■ Data records
• • • • •
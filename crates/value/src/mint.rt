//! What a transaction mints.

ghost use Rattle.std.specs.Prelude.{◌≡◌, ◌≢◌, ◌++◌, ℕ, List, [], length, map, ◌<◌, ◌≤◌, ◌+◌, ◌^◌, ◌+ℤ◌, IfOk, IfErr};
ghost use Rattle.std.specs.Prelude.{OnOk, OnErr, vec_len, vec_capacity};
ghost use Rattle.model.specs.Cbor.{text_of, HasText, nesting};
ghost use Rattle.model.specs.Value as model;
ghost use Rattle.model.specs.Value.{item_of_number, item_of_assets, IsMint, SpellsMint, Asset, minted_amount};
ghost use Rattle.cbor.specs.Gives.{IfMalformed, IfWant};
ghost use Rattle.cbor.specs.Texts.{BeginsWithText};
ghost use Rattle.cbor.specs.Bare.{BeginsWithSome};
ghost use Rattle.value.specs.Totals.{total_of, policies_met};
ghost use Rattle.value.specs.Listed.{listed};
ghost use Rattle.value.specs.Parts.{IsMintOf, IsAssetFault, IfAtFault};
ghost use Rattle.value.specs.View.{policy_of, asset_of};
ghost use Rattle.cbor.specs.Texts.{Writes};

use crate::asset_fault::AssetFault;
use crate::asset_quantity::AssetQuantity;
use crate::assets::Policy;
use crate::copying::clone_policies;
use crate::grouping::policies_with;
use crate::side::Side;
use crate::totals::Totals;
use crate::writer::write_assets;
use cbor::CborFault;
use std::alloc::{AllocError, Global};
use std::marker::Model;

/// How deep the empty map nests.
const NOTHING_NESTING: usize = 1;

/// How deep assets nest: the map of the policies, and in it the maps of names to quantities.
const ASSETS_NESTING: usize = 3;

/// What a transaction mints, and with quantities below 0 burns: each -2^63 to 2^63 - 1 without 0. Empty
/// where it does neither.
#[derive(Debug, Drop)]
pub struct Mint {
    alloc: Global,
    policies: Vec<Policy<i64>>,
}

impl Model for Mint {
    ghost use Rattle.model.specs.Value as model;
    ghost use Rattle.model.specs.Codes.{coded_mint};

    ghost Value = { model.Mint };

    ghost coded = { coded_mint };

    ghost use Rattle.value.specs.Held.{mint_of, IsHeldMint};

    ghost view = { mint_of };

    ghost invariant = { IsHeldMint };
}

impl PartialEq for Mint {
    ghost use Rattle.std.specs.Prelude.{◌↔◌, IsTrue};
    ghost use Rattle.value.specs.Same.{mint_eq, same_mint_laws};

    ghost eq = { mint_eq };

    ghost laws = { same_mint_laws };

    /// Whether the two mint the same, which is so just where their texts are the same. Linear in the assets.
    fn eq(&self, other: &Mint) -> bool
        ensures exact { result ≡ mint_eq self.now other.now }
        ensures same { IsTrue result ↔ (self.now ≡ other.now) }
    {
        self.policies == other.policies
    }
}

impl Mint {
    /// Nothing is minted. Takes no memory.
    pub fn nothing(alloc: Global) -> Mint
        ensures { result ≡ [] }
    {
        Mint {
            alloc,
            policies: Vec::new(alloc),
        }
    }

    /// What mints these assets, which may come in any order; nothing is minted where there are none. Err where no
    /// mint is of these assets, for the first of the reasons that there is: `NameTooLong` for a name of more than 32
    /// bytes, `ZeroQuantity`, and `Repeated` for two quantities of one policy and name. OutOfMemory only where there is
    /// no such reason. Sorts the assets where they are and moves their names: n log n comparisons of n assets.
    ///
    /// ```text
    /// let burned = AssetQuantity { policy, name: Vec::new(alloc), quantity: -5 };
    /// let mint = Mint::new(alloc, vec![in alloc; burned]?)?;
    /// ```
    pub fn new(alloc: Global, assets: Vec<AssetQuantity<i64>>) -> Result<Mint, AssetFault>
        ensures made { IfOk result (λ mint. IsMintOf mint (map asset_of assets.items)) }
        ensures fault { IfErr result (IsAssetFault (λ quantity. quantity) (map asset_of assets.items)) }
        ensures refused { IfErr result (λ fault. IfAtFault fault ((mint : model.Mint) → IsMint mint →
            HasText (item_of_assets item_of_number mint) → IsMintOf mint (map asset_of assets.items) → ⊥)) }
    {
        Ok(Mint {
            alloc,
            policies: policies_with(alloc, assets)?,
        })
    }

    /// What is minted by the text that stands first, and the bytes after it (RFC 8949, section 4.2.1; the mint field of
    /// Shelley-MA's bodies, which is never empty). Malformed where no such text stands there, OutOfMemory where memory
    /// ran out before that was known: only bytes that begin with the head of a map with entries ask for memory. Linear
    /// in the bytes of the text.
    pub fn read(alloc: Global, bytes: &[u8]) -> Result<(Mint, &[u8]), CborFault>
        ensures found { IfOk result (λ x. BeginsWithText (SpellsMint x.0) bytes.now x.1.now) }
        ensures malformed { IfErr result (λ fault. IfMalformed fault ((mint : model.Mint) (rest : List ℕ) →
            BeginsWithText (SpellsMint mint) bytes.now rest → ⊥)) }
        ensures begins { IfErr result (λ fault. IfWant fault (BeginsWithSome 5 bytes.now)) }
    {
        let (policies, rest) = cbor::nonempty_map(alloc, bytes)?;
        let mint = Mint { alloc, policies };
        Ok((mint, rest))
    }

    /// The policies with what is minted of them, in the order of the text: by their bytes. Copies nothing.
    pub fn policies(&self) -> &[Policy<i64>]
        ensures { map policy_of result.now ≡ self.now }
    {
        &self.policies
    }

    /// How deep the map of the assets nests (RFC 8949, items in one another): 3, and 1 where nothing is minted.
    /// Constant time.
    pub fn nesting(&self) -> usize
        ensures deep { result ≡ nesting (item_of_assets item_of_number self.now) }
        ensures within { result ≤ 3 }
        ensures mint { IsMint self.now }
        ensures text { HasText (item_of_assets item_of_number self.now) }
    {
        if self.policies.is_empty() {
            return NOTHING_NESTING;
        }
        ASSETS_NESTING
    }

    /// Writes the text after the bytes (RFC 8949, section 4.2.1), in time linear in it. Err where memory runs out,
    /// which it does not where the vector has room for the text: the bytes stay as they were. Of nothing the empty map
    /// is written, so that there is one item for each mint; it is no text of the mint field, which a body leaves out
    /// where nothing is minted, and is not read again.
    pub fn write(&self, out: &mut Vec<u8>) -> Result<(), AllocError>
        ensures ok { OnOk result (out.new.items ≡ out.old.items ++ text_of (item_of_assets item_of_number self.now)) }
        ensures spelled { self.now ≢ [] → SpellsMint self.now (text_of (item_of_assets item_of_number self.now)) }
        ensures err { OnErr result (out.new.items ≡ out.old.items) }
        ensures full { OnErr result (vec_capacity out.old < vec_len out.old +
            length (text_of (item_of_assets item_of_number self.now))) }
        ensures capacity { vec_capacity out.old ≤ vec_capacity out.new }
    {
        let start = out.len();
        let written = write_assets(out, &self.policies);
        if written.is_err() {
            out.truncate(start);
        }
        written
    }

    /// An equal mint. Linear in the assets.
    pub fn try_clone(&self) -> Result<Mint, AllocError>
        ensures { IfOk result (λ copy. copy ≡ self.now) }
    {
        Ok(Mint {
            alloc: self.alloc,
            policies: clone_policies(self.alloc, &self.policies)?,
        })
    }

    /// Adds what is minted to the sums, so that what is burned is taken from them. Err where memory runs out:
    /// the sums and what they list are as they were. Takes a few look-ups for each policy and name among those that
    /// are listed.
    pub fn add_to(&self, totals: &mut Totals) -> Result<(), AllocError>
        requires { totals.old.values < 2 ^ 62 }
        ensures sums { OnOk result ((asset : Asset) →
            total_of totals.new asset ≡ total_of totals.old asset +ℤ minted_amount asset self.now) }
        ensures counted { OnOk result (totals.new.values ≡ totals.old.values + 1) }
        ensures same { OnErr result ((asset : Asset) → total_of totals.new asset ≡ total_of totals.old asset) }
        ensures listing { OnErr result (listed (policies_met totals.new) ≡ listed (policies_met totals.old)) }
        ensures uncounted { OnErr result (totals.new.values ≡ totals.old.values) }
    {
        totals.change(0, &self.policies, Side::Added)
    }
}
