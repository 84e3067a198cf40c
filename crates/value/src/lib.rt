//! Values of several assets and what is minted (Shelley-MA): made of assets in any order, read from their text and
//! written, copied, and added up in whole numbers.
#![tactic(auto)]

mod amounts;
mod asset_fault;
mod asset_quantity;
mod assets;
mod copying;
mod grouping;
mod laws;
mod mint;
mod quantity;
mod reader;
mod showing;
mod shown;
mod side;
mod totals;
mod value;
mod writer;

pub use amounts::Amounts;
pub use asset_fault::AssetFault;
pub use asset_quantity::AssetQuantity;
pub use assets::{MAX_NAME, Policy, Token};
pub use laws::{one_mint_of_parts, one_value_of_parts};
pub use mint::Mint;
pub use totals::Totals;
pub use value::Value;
• • • • •
■ Task statement
From the line that contains "pub use asset_quantity::AssetQuantity;" to the last line of the material above, repeat every line exactly, keeping both the first and the last.

■ Solution to this task
pub use asset_quantity::AssetQuantity;
pub use assets::{MAX_NAME, Policy, Token};
pub use laws::{one_mint_of_parts, one_value_of_parts};
pub use mint::Mint;
pub use totals::Totals;
pub use value::Value;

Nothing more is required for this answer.